Relatively new 2020 Model 3 18", displaying 320 rated miles at 100%. Start a road trip, drive down to 16 rated miles (5%).

The trip meter will show that you consumed: 304rmi*0.955*0.99*241Wh/rmi = 69.3kWh.

If you now take another 2020 Model 3 18", "BMS drifted," displaying 300 rated miles at 100%. Do the same trip, drive down to 16 rated miles.

The trip meter will show that you consumed: 284rmi*0.955*0.99*241Wh/rmi = 64.7kWh.

Alternatively, you could take the FIRST 2020 Model 3 (with 320 miles @100%) and instead start at 300 rated miles, and drive down to 16 rated miles.

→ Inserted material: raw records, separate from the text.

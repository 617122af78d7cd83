//! The natives that ask nothing.

ghost use Rattle.py_node.specs.Stops.{Ended};
ghost use Rattle.vm_eval.specs.Below.{IfOk, of_args, bindings, AllHold, EndsAs, LeavesEnd};
ghost use Rattle.vm_eval.specs.OfNatives.Say.{native_by};

use class_world::World;
use native_containers::native_texts::{compare_text, text_native};
use native_containers::{dict_native, iterator_native, list_native, tuple_native};
use proto_attr::native_objects::{
    callable_native, descriptor_native, getter_native, getter_of_native, maker_native,
    property_native, setter_native, setter_of_native, super_native, wrapper_native,
};
use proto_ops::native_numbers::{
    arithmetic_native, bits_native, compare_native, fixed_native, number_native,
};
use py_node::{Answer, BuiltIn, Cause, FuncArgs, NativeEntry, Stop};

/// How a native ends that asks nothing.
pub(crate) fn plain_native(
    world: &mut World,
    entry: NativeEntry,
    call: FuncArgs<'_>,
) -> Result<Answer, Stop>
    requires { AllHold world.old (of_args call.args.now call.kw.now) }
    ensures ends { Ended result (EndsAs (λ t u. native_by u entry call.entry.args.now (bindings t call.entry.kw.now))
        world.old world.new) }
    ensures safe { LeavesEnd world.old world.new result }
{
    match entry {
        NativeEntry::OfFixed(native) => fixed_native(world, native, call),
        NativeEntry::OfNumber(native) => number_native(world, native, call),
        NativeEntry::OfArithmetic(native) => arithmetic_native(world, native, call),
        NativeEntry::OfBits(native) => bits_native(world, native, call),
        NativeEntry::OfStr(native) => text_native(world, native, call),
        NativeEntry::Compare(BuiltIn::Int, native) => Ok(compare_native(world, native, call)?),
        NativeEntry::Compare(BuiltIn::Str, native) => Ok(compare_text(world, native, call)?),
        NativeEntry::OfTuple(native) => tuple_native(world, native, call),
        NativeEntry::OfList(native) => list_native(world, native, call),
        NativeEntry::OfDict(native) => dict_native(world, native, call),
        NativeEntry::OfIterator(native) => Ok(iterator_native(world, native, call)?),
        NativeEntry::OfCallable(native) => callable_native(world, native, call),
        NativeEntry::OfDescriptor(native) => descriptor_native(world, native, call),
        NativeEntry::OfProperty(native) => property_native(world, native, call),
        NativeEntry::OfWrapper(native) => wrapper_native(world, native, call),
        NativeEntry::OfSuper(native) => super_native(world, native, call),
        NativeEntry::NewOf(class) => maker_native(world, class, call.args),
        NativeEntry::Getter(property) => getter_native(world, property, call),
        NativeEntry::Setter(property) => setter_native(world, property, call),
        NativeEntry::GetterOf(class, detail) => getter_of_native(world, class, detail, call),
        NativeEntry::SetterOf(class, detail) => setter_of_native(world, class, detail, call),
        _ => Err(Stop::raise(Cause::SelfType)),
    }
}
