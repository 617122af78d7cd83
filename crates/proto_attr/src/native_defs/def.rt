//! The definition of a native method.

ghost use Rattle.proto_attr.specs.Below.{IfOk, option_copied};
ghost use Rattle.std.specs.Prelude.{◌≡◌};
ghost use Rattle.proto_attr.specs.NativeDefs.Definitions.{definition, definition_of};

use py_node::{NativeEntry, OutOfMemory, PyMethodFlags};
use std::alloc::Global;

/// The definition of a native method: its name, what it does, how it is bound, and its text for readers, if it has one.
#[derive(Drop)]
pub struct PyMethodDef {
    pub name: String,
    pub func: NativeEntry,
    pub flags: PyMethodFlags,
    pub doc: Option<String>,
}

impl PyMethodDef {
    /// A definition of these parts, unless memory runs out.
    pub fn new_const(
        alloc: Global,
        name: &str,
        func: NativeEntry,
        flags: PyMethodFlags,
        doc: Option<&str>,
    ) -> Result<PyMethodDef, OutOfMemory>
        ensures { IfOk result (λ d. definition_of d ≡ definition name.now func flags.0 (option_copied doc.entry)) }
    {
        let name = String::from_str(alloc, name)?;
        let doc = match doc {
            None => None,
            Some(text) => Some(String::from_str(alloc, text)?),
        };
        Ok(PyMethodDef {
            name,
            func,
            flags,
            doc,
        })
    }

    /// The same: natives are entries, and none is raw.
    pub fn new_raw_const(
        alloc: Global,
        name: &str,
        func: NativeEntry,
        flags: PyMethodFlags,
        doc: Option<&str>,
    ) -> Result<PyMethodDef, OutOfMemory>
        ensures { IfOk result (λ d. definition_of d ≡ definition name.now func flags.0 (option_copied doc.entry)) }
    {
        PyMethodDef::new_const(alloc, name, func, flags, doc)
    }

    /// The same definition, unless memory runs out.
    pub fn try_clone(&self, alloc: Global) -> Result<PyMethodDef, OutOfMemory>
        ensures { IfOk result (λ d. definition_of d ≡ definition_of self.now) }
    {
        let name = String::from_str(alloc, self.name.as_str())?;
        let doc = match &self.doc {
            None => None,
            Some(text) => Some(String::from_str(alloc, text.as_str())?),
        };
        Ok(PyMethodDef {
            name,
            func: self.func,
            flags: self.flags,
            doc,
        })
    }
}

You'll see the same 64.7kWh.

These are approximate numbers, but they are within 1-2% of the result (way tighter than the 7% difference between the numbers).

If you don't believe me, try it yourself. It's easily verified for whatever vehicle you have.

In the rare case of a large BMS drift that is actually just an error (which I agree may be possible in rare cases, of course), the numbers of course may not align. But this is not the NORM.

I'm not sure, but I think you were also making the point that practically it doesn't make much difference, which is true in most situations. But it's not true in the remaining situations, which are typically the ones of interest.


Imho the displayed typical range is very accurate and a direct reflection of what the BMS thinks the capacity is (in fact it aligns perfectly with the nominal full pack w/o the buffer). Yes, there might be some battery imbalance etc which isn't accounted for but it is very rare for a Model 3 battery to become unbalanced.